▶ [What you have to do] Beginning with the line below that contains "filename crates/cell_forms/src/laws.rt" and ending with the line that contains "have one form.", copy every line exactly. Copy nothing else.

▶ [Data to examine]
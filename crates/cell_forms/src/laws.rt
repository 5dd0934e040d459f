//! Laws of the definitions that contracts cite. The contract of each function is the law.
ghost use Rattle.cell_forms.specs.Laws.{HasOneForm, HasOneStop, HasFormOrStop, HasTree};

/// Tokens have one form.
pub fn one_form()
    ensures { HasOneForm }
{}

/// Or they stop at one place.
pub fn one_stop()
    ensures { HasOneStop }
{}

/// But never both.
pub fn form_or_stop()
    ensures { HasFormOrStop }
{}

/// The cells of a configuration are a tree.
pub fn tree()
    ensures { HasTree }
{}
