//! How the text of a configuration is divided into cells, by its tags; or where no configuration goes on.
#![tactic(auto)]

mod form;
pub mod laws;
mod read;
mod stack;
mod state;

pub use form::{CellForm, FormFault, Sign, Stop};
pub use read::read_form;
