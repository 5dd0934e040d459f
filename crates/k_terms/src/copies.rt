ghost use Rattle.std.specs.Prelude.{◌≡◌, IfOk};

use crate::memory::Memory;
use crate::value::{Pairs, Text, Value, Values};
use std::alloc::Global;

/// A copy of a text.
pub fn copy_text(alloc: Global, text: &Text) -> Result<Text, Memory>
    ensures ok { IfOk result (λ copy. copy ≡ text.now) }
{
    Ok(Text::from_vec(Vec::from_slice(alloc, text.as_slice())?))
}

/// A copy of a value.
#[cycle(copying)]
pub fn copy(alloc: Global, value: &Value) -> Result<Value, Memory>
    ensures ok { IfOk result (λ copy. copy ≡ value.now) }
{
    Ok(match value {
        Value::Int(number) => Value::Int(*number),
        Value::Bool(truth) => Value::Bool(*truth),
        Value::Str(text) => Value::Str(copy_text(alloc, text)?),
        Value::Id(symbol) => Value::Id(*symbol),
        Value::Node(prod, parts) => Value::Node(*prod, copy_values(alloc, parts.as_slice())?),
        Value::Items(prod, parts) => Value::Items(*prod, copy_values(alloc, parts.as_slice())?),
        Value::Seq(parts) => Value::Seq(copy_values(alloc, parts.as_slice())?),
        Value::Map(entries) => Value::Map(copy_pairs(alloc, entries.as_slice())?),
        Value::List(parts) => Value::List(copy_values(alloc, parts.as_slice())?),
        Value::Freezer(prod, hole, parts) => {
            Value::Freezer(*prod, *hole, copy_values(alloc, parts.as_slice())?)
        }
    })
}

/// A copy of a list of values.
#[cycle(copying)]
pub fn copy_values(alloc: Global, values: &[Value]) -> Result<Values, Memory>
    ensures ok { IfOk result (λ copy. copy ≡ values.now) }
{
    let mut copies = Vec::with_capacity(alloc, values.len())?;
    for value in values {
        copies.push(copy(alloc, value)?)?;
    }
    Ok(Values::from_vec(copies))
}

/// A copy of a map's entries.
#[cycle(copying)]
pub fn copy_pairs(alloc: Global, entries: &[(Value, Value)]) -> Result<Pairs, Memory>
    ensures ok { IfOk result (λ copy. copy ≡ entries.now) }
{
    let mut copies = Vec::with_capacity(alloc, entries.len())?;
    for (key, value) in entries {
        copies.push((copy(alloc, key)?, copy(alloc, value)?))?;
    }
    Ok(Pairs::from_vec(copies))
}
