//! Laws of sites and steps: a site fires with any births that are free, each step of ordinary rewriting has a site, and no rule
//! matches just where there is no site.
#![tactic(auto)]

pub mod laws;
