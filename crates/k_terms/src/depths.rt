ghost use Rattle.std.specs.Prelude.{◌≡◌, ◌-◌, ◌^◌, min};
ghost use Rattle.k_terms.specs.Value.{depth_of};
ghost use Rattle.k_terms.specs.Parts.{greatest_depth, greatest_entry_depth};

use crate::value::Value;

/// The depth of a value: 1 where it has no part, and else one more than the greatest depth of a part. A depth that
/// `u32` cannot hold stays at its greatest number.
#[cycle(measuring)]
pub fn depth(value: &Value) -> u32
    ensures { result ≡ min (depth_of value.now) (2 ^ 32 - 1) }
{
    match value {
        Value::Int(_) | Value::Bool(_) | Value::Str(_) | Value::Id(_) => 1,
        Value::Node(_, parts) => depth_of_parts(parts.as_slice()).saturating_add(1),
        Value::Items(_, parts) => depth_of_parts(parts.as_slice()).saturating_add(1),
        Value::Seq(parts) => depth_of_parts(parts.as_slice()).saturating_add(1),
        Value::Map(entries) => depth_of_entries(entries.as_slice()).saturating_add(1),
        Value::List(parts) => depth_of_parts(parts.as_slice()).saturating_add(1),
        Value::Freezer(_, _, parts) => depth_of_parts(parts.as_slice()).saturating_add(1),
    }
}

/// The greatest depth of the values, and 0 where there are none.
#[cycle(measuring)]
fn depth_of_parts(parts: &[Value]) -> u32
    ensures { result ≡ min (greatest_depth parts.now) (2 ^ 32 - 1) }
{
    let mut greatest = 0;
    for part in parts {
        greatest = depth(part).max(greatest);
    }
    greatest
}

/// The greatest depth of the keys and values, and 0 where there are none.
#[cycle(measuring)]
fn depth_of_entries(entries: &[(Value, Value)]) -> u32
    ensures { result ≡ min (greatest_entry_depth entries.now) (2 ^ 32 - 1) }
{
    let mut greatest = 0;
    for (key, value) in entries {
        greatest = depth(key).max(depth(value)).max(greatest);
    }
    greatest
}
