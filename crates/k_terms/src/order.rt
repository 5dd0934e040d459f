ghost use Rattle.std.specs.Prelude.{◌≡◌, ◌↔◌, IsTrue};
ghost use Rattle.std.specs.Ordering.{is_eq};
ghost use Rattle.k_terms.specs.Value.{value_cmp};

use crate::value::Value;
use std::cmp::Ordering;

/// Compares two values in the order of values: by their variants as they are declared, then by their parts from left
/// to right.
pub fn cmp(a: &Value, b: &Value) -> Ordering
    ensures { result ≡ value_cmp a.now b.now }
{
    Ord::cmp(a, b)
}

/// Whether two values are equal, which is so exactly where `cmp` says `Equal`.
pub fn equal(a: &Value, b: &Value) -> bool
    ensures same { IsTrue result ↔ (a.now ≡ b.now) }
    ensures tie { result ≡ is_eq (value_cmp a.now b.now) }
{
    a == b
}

==

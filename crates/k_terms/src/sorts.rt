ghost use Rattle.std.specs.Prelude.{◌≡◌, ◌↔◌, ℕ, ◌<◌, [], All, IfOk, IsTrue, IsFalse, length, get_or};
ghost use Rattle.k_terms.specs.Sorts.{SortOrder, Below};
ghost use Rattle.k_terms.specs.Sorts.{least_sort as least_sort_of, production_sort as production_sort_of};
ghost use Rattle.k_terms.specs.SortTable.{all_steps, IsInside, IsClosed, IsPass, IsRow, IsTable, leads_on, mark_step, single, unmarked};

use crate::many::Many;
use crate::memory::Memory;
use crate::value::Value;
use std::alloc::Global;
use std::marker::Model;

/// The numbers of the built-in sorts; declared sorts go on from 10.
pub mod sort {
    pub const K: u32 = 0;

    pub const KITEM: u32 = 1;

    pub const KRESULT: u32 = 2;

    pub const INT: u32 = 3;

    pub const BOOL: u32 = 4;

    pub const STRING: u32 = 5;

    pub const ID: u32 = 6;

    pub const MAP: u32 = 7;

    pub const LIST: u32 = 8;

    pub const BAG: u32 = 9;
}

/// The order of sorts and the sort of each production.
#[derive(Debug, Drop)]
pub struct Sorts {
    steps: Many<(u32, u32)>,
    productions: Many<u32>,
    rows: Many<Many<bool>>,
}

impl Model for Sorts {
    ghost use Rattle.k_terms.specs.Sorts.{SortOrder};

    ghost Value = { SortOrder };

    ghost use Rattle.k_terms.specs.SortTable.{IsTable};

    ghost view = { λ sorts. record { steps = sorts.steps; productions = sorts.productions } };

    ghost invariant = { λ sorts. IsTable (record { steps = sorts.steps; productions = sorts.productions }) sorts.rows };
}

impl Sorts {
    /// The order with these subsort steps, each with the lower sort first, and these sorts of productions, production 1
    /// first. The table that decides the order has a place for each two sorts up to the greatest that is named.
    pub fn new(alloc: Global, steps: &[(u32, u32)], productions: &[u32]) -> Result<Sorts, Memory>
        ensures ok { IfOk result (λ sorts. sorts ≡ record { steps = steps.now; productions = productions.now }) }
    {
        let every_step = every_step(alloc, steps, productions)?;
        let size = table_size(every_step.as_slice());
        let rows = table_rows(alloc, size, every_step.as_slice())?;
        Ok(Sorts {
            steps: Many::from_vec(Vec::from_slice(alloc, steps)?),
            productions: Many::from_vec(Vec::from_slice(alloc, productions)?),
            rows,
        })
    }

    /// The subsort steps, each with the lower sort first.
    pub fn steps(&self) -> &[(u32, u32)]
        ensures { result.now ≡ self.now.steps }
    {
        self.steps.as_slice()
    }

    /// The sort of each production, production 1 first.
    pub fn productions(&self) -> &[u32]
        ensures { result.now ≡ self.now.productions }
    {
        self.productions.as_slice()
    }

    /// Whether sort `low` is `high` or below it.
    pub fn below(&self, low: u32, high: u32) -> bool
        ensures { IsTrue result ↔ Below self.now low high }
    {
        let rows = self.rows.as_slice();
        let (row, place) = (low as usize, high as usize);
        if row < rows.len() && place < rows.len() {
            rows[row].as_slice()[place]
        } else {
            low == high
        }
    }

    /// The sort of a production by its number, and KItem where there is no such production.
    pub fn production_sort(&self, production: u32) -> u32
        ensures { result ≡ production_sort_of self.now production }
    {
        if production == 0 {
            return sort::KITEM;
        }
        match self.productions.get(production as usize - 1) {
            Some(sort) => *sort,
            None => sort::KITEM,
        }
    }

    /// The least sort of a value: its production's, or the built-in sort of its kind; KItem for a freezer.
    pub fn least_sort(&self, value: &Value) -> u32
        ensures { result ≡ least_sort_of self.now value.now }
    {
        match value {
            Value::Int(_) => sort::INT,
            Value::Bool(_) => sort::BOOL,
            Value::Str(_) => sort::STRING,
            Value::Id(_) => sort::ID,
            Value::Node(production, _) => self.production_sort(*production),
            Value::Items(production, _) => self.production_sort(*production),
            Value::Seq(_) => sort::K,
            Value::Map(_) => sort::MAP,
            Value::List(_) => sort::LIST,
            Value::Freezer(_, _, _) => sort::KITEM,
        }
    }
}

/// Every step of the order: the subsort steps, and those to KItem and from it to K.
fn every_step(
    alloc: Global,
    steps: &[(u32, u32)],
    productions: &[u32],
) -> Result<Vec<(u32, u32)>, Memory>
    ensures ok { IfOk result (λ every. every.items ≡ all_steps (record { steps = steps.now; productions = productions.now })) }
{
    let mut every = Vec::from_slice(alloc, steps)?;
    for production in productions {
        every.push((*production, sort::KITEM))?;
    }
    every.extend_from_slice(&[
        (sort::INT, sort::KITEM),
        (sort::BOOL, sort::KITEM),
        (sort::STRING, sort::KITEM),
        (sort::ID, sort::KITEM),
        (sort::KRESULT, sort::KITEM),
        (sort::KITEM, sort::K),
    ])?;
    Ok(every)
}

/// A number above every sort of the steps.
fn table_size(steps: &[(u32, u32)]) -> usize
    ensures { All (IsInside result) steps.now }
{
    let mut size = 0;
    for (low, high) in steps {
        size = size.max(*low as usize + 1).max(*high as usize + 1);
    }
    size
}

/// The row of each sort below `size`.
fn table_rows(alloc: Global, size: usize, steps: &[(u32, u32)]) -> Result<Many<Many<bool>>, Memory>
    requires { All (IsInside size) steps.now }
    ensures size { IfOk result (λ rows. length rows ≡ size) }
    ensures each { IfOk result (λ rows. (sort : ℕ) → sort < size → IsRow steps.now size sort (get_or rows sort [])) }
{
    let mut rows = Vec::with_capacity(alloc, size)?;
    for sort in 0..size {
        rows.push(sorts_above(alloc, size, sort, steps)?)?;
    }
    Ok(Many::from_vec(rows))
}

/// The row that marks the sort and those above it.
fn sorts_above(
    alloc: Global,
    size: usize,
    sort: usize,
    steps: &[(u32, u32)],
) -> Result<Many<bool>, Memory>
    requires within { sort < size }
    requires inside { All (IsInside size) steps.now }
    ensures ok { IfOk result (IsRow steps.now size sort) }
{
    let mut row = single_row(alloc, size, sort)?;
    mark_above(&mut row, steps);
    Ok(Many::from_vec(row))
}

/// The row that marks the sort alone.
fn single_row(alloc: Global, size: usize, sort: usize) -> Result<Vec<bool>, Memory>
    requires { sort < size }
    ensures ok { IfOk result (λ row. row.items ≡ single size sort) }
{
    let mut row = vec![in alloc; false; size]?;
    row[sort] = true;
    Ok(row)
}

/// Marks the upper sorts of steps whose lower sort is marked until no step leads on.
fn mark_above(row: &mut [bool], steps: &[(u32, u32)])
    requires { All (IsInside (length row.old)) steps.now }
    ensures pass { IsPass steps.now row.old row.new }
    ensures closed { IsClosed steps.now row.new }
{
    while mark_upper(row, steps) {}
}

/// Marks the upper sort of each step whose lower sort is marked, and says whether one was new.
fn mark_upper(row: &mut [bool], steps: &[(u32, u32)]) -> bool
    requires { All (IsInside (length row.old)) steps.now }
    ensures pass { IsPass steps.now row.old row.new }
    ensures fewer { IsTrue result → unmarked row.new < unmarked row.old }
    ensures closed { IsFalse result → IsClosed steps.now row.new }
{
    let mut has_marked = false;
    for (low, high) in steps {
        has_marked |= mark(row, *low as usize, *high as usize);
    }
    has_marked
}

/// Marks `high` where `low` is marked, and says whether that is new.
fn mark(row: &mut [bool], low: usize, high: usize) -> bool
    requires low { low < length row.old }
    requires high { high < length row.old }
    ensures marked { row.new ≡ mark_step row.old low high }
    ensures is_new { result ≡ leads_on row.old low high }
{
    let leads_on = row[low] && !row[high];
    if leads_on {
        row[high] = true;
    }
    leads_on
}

▶ [Reply]
filename crates/cell_forms/src/laws.rt
repository 5dd0934e040d459f
//! Laws of the definitions that contracts cite. The contract of each function is the law.
ghost use Rattle.cell_forms.specs.Laws.{HasOneForm, HasOneStop, HasFormOrStop, HasTree};

/// Tokens have one form.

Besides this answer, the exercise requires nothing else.